INSTRUCTIONS TO FOLLOW |
Going through the entries below, find how many lines hold "them", then give that number alone.

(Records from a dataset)
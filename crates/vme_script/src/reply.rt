//! The line of a reply, appended to a buffer.
ghost use Rattle.std.specs.Prelude.{◌≡◌, ◌++◌, length, take, OnOk, OnErr};
ghost use Rattle.vme_grammar.specs.Texts.{output_line};
ghost use Rattle.vme_script.specs.ReplyTexts.{place_text, transfer_text, shared_text, reply_text, line_text};
ghost use Rattle.vme_shared.specs.declared.outcome.SharedOutcome.TheVariants.{Took};

use std::alloc::AllocError;
use vme_grammar::{
    print_berr, print_done, print_hex, print_number, print_old, print_read, print_refusal,
};
use vme_master::Outcome;
use vme_shared::{LineReply, SharedOutcome};

/// Appends the line of the reply to line `line` of the script in slot `slot`.
///
/// # Errors
///
/// `AllocError`: an allocation failed; the text is unchanged.
#[tactic(auto, unfolding(crate::specs::ReplyTexts::line_text))]
pub fn reply_line(
    slot: u16,
    line: u16,
    reply: &LineReply,
    text: &mut Vec<u8>,
) -> Result<(), AllocError>
    ensures text { OnOk result (text.new.items ≡ text.old.items ++ line_text slot line reply.now) }
    ensures kept { OnErr result (text.new.items ≡ text.old.items) }
{
    let start = text.len();
    let end = print_line(slot, line, reply, text);
    if end.is_err() {
        text.truncate(start);
    }
    end
}

/// Appends the line of a reply, or a prefix of it if an allocation fails.
#[tactic(auto, unfolding(crate::specs::ReplyTexts::line_text))]
fn print_line(slot: u16, line: u16, reply: &LineReply, text: &mut Vec<u8>) -> Result<(), AllocError>
    ensures text { OnOk result (text.new.items ≡ text.old.items ++ line_text slot line reply.now) }
    ensures before { OnErr result (take (length text.old.items) text.new.items ≡ text.old.items) }
{
    print_place(slot, line, text)?;
    print_reply(reply, text)
}

/// Appends the slot of a script and a line's number, or a prefix of them if an allocation fails.
fn print_place(slot: u16, line: u16, text: &mut Vec<u8>) -> Result<(), AllocError>
    ensures text { OnOk result (text.new.items ≡ text.old.items ++ place_text slot line) }
    ensures before { OnErr result (take (length text.old.items) text.new.items ≡ text.old.items) }
{
    print_number(text, u64::from(slot))?;
    text.extend_from_slice(b":")?;
    print_number(text, u64::from(line))?;
    text.extend_from_slice(b" ")
}

/// Appends a reply and LF, or a prefix of them if an allocation fails.
fn print_reply(reply: &LineReply, text: &mut Vec<u8>) -> Result<(), AllocError>
    ensures text { OnOk result (text.new.items ≡ text.old.items ++ output_line (reply_text reply.now)) }
    ensures before { OnErr result (take (length text.old.items) text.new.items ≡ text.old.items) }
{
    match reply {
        LineReply::Transfer(outcome) => print_outcome(outcome, text),
        LineReply::Refused(fault) => print_refusal(text, *fault),
        LineReply::Met => text.extend_from_slice(b"met\n"),
        LineReply::Timeout => text.extend_from_slice(b"timeout\n"),
        LineReply::Shared(outcome) => print_shared(*outcome, text),
        LineReply::Unfinished => text.extend_from_slice(b"unfinished\n"),
    }
}

/// Appends the line of an outcome; if an allocation fails, the text is unchanged.
fn print_outcome(outcome: &Outcome, text: &mut Vec<u8>) -> Result<(), AllocError>
    ensures text { OnOk result
        (text.new.items ≡ text.old.items ++ output_line (transfer_text outcome.now)) }
    ensures kept { OnErr result (text.new.items ≡ text.old.items) }
{
    match outcome {
        Outcome::Read(bytes) => print_read(text, bytes.as_slice()),
        Outcome::Done => print_done(text),
        Outcome::Old(bytes) => print_old(text, bytes.as_slice()),
        Outcome::Berr { count, bytes } => print_berr(text, *count, bytes.as_slice()),
        Outcome::Denied => text.extend_from_slice(b"denied\n"),
    }
}

/// Appends the line of an outcome of a lock or a mailbox, or a prefix of it if an allocation fails.
fn print_shared(outcome: SharedOutcome, text: &mut Vec<u8>) -> Result<(), AllocError>
    ensures text { OnOk result (text.new.items ≡ text.old.items ++ output_line (shared_text outcome)) }
    ensures before { OnErr result (take (length text.old.items) text.new.items ≡ text.old.items) }
{
    match outcome {
        SharedOutcome::Taken => text.extend_from_slice(b"taken\n"),
        SharedOutcome::Unlocked => text.extend_from_slice(b"done\n"),
        SharedOutcome::Busy => text.extend_from_slice(b"busy\n"),
        SharedOutcome::Put => text.extend_from_slice(b"put\n"),
        SharedOutcome::Took(word) => print_took(word, text),
        SharedOutcome::Full => text.extend_from_slice(b"full\n"),
        SharedOutcome::Empty => text.extend_from_slice(b"empty\n"),
        SharedOutcome::Spent => text.extend_from_slice(b"spent\n"),
        SharedOutcome::Berr => text.extend_from_slice(b"berr 0\n"),
        SharedOutcome::Denied => text.extend_from_slice(b"denied\n"),
    }
}

/// Appends the line of a word that was taken, or a prefix of it if an allocation fails.
fn print_took(word: u32, text: &mut Vec<u8>) -> Result<(), AllocError>
    ensures text { OnOk result
        (text.new.items ≡ text.old.items ++ output_line (shared_text (Took word))) }
    ensures before { OnErr result (take (length text.old.items) text.new.items ≡ text.old.items) }
{
    text.extend_from_slice(b"took ")?;
    print_hex(text, &word.to_be_bytes())?;
    text.extend_from_slice(b"\n")
}
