//! The kinds of arbiter, by the words that name them.
ghost use Rattle.std.specs.Prelude.{◌≡◌};
ghost use Rattle.vme_script.specs.Arbiters.{kind_named};
ghost use Rattle.vme_script.specs.Causes.{schedule_refusal, refused_as};

use crate::cause::ScheduleCause;
use vme_arbiter::ArbiterKind;

/// Returns the kind of arbiter that `word` names: `priority` or `rotating`.
#[tactic(auto, unfolding(crate::specs::Arbiters::kind_named))]
pub fn kind_named(word: &str) -> Result<ArbiterKind, ScheduleCause>
    ensures { refused_as schedule_refusal result ≡ kind_named word.now }
{
    match word {
        "priority" => Ok(ArbiterKind::Priority),
        "rotating" => Ok(ArbiterKind::Rotating),
        _ => Err(ScheduleCause::NoArbiter),
    }
}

REPLY TO THE TASK |
3